Yesterday, he hit Frances. I gave him a time out. He sobbed and screamed and shouted NO! over and over in his room - an unprecedented display that unsettled his mother and sister. After two minutes I walked in. He took one look at me and said: You leave! I want to be alone!! So I left, and he kept on screaming NO. A few minutes later, he quieted down, and I walked back in and sat down in the rocking chair. He looked at me, nose and ears streaming, his face red and wet, his expression utterly bewildered and exhausted. My heart broke for him.
I'm sorry you are feeling so sad, I said. He clenched his fists, became redder still, and yelled: DON'T SAY THOSE WORDS TO ME!
We rarely feel angered or frustrated by this piteous behavior. He seems to be in the grip of a mind-scrambling, emotion-disordering outside force. A relentless, merciless demon is after our angel Gabriel, and it sucks. The tantrums began soon after potty-training; there must be some connection there. Along with life in underwear came a new body awareness for Gabriel, who is alternately delighted, confused, and concerned by his penis.
Today I am emerging from two days of awful sickness, during which I was pretty unavailable to the kids. This morning I was finally able to do things with them again, and after a round of irrational tantrums, Gabriel and I were able to go to the library and read piles of stories, do a little bike riding, then return home with some fresh inspiration: making a spring tree.
We had been so reluctant to dismantle the valentine tree that I saved the stick. So I brought it out, and showed Gabriel how to make tissue paper flowers. He wanted there to be butterflies, so I cut them from paper and used pipe cleaners for antennae. I was pulling out paints to decorate the wings when Gabriel began flying one of them around the room, fluttering his wings against my cheek and landing him gently on my hand.
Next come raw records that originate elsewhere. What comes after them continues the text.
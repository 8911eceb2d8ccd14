// Half-edges, vertices and the boundary of a net: the definitions are in specs/, their laws are in proofs/. No function.
#![tactic(auto)]
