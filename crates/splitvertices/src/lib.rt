// The vertices of the split: behind the drawn ones a point for each edge, then one for each face.
#![tactic(auto)]

ghost use Rattle.std.specs.Prelude.{◌≡◌, ◌+◌, length};
ghost use Rattle.topology.specs.HalfEdge.{edge_count};
ghost use Rattle.polygons.specs.Polygons.{shape_of};
ghost use Rattle.tables.specs.Tables.{filled};
ghost use Rattle.sidetable.specs.Table.{Linked};
ghost use Rattle.splitvertices.specs.Passes.{Splittable, split_vertices, Made, SplitTurn, SplitTurned};

use sidetable::PolygonMesh;

// Makes the midpoint of the edge of half-edge h if the edge is first met there, where `edges` are met before; the answer is how many are met then.
fn edge_side(points: &mut [i32], mesh: PolygonMesh, v: usize, h: usize, edges: usize) -> usize
    requires { SplitTurn mesh.sides.now mesh.faces.now mesh.work.now v points.old h edges }
    ensures { SplitTurned mesh.entry.sides.now mesh.entry.faces.now v h edges result points.old points.new }
{
    let faces = mesh.faces;
    if h < mesh.mate(h) {
        let next = sidetable::next_in(mesh.sides, mesh.work, faces.len(), h);
        let p = halfedges::start_of(faces, h);
        let q = halfedges::start_of(faces, next);
        splitpoints::put_midpoint(&mut *points, v + edges, p, q);
        return edges + 1;
    }
    edges
}

// Makes the midpoints of all edges; the answer is their number.
fn edge_points(points: &mut [i32], mesh: PolygonMesh, v: usize) -> usize
    requires { Splittable mesh.sides.now mesh.faces.now v points.old }
    ensures value { result ≡ edge_count (shape_of mesh.entry.sides.now) mesh.entry.faces.now }
    ensures made { Made mesh.entry.sides.now mesh.entry.faces.now v points.old points.new (v + result) }
{
    let mut edges = 0;
    for h in 0..mesh.faces.len() {
        edges = edge_side(&mut *points, mesh, v, h, edges);
    }
    edges
}

// Makes the means of the corners of all faces, behind v vertices and the midpoints of the edges.
fn face_points(points: &mut [i32], faces: &[u32], sides: &[u8], v: usize, edges: usize)
    requires splittable { Splittable sides.now faces.now v points.old }
    requires edges_value { edges ≡ edge_count (shape_of sides.now) faces.now }
    requires made { Made sides.now faces.now v points.old points.old (v + edges) }
    ensures { Made sides.now faces.now v points.old points.new (v + edges + length sides.now) }
{
    let first = v + edges;
    let mut a = 0;
    for f in 0..sides.len() {
        let c = sides[f] as usize;
        splitpoints::put_mean(&mut *points, faces, first + f, a, c);
        a += c;
    }
}

// Makes the new points of the split.
pub fn new_points(points: &mut [i32], faces: &[u32], sides: &[u8], work: &[u32], v: usize)
    requires splittable { Splittable sides.now faces.now v points.old }
    requires linked { Linked sides.now faces.now work.now }
    ensures { points.new ≡ filled (split_vertices sides.now faces.now v points.old) points.old }
{
    let mesh = PolygonMesh { faces, sides, work };
    let edges = edge_points(&mut *points, mesh, v);
    face_points(&mut *points, faces, sides, v, edges);
}
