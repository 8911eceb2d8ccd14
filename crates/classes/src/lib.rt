// Which vertices are ordinary: the ring sizes of the vertices where refining begins, counted once, in 16 bits, and read in every round.
#![tactic(auto)]

ghost use Rattle.std.specs.Prelude.{◌≡◌, ◌+◌, ◌≤◌, ◌<◌, length};
ghost use Rattle.tables.specs.Tables.{SameOutside};
ghost use Rattle.ringsizes.specs.Classes.{RingSizes, size_at, ordinary_by, Countable, share_of, CountedBelow};

use halfedges::Mesh;

// The ring size at a place of the table.
fn size_at(work: &[u32], i: usize) -> u16
    requires { i < length work.now }
    ensures { result ≡ size_at work.now i }
{
    (work[i] % 65536) as u16
}

// What half-edge h counts for the vertex that it leaves: 1, and 2 more on the boundary.
#[tactic(auto, unfolding(ringsizes::specs::Classes::share_of))]
fn share(mesh: Mesh, h: usize) -> u16
    requires { h < length mesh.faces.now }
    ensures { result ≡ share_of mesh.entry.faces.now h }
{
    if mesh.mate(h) < mesh.half_edges() {
        1
    } else {
        3
    }
}

// Counts half-edge h for the vertex that it leaves.
fn count_side(faces: &[u32], work: &mut [u32], at: usize, v: usize, h: usize)
    requires countable { Countable v at faces.now work.old }
    requires h_in_bounds { (h < length faces.now) × CountedBelow v at faces.now work.old h }
    ensures counted_below { CountedBelow v at faces.now work.new (h + 1) }
    ensures same_outside { SameOutside at (at + v) work.old work.new }
{
    let mesh = Mesh {
        faces,
        work: &*work,
    };
    let place = at + mesh.start_of(h);
    let size = size_at(&*work, place) + share(mesh, h);
    work[place] = size as u32;
}

// Writes the ring sizes of the v vertices from the place `at` on: one pass over the half-edges. Each boundary vertex starts one boundary half-edge.
pub fn count_ring_sizes(faces: &[u32], work: &mut [u32], at: usize, v: usize)
    requires { Countable v at faces.now work.old }
    ensures ring_sizes { RingSizes v at faces.now work.new }
    ensures same_outside { SameOutside at (at + v) work.old work.new }
{
    tables::clear_from(&mut *work, at, v);
    for h in 0..faces.len() {
        count_side(faces, &mut *work, at, v, h);
    }
}

// Whether the table says that vertex p is ordinary.
#[tactic(auto, unfolding(ringsizes::specs::Classes::ordinary_by))]
pub fn is_ordinary(work: &[u32], at: usize, initial: usize, p: usize) -> bool
    requires { at + initial ≤ length work.now }
    ensures { result ≡ ordinary_by work.now at initial p }
{
    initial <= p || size_at(work, at + p) == 4
}

// Where the ring sizes stand, and how many vertices have one: those of the net where refining begins.
#[derive(Clone, Copy)]
pub struct Classes {
    pub at: usize,
    pub initial: usize,
}

impl Classes {
    // Whether the table says that vertex p is ordinary.
    pub fn is_ordinary(self, work: &[u32], p: usize) -> bool
        requires { self.at + self.initial ≤ length work.now }
        ensures { result ≡ ordinary_by work.now self.at self.initial p }
    {
        is_ordinary(work, self.at, self.initial, p)
    }
}
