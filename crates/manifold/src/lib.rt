// Refusals 10 to 12, found with mates built and vertices counted: faces round a vertex that form neither a ring nor a fan, valences, marks inside.
#![tactic(auto)]

ghost use Rattle.std.specs.Prelude.{◌≡◌, ◌<◌, length};
ghost use Rattle.search.specs.Found.{Found};
ghost use Rattle.search.specs.Search.{first};
ghost use Rattle.refusals.specs.Refusals.{isolated, non_manifold, bad_valence, marked_ring};
ghost use Rattle.polygons.specs.Polygons.{shape_of};

use vertexcounts::CountedVertices;

// 10 at the vertex p: its faces form neither one full ring nor one open fan.
fn non_manifold(vertices: CountedVertices, p: usize) -> bool
    requires joined { first (isolated vertices.mesh.faces.now) vertices.count ≡ vertices.count }
    requires p_lt_count { p < vertices.count }
    ensures { result ≡ non_manifold (shape_of vertices.entry.mesh.sides.now) vertices.entry.mesh.faces.now p }
{
    let h = vertices.start(p);
    let d = vertices.valence(p);
    !adjacency::meets_all(vertices.mesh, h, d)
}

// 11 at the vertex p: a ring of fewer than 3 or more than 8 faces, or a fan of more than 6.
fn bad_valence(vertices: CountedVertices, p: usize) -> bool
    requires { p < vertices.count }
    ensures { result ≡ bad_valence (shape_of vertices.entry.mesh.sides.now) vertices.entry.mesh.faces.now p }
{
    let m = vertices.valence(p);
    if vertices.is_open(p) {
        return bounds::MAX_FAN < m;
    }
    m < bounds::MIN_RING || bounds::MAX_RING < m
}

// 12 at the vertex p: mark 1 on a full ring.
fn marked_ring(vertices: CountedVertices, marks: &[u8], p: usize) -> bool
    requires count { vertices.count ≡ length marks.now }
    requires p_lt_count { p < vertices.count }
    ensures { result ≡ marked_ring (shape_of vertices.entry.mesh.sides.now) vertices.entry.mesh.faces.now marks.now p }
{
    marks[p] == 1 && !vertices.is_open(p)
}

// The first vertex with refusal 10.
pub fn first_non_manifold(vertices: CountedVertices) -> Option<usize>
    requires { first (isolated vertices.mesh.faces.now) vertices.count ≡ vertices.count }
    ensures { Found (non_manifold (shape_of vertices.entry.mesh.sides.now) vertices.entry.mesh.faces.now) vertices.entry.count result }
{
    (0..vertices.count).find(|p| non_manifold(vertices, *p))
}

// The first vertex with refusal 11.
pub fn first_bad_valence(vertices: CountedVertices) -> Option<usize>
    ensures { Found (bad_valence (shape_of vertices.entry.mesh.sides.now) vertices.entry.mesh.faces.now) vertices.entry.count result }
{
    (0..vertices.count).find(|p| bad_valence(vertices, *p))
}

// The first vertex with refusal 12.
pub fn first_marked_ring(vertices: CountedVertices, marks: &[u8]) -> Option<usize>
    requires { vertices.count ≡ length marks.now }
    ensures { Found (marked_ring (shape_of vertices.entry.mesh.sides.now) vertices.entry.mesh.faces.now marks.now) vertices.entry.count result }
{
    (0..vertices.count).find(|p| marked_ring(vertices, marks, *p))
}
Be quiet and gentle with him, warned Gabriel. And then: you be the other butterfly. So we fluttered around a little, until Gabriel's butterfly sidled up to mine and said, I have a pretty big penis. What's your penis like, little butterfly?
Oh! Good gracious. I said I didn't have a penis, because I was a girl butterfly. Gabriel said, Well what's your softy called then?
My softy? I won't transcribe the entire conversation, but suffice it to say, it was kind of mind-blowing. We've explained body parts and the differences between girls and boys in the past, but only now does he seem ready to take it all in. Here are our butterflies, grappling with the strange big world together. The tree will be a nice reminder for me: be quiet and gentle with him. I know he will fly through this storm somehow, despite the strong March winds buffeting him this way and that.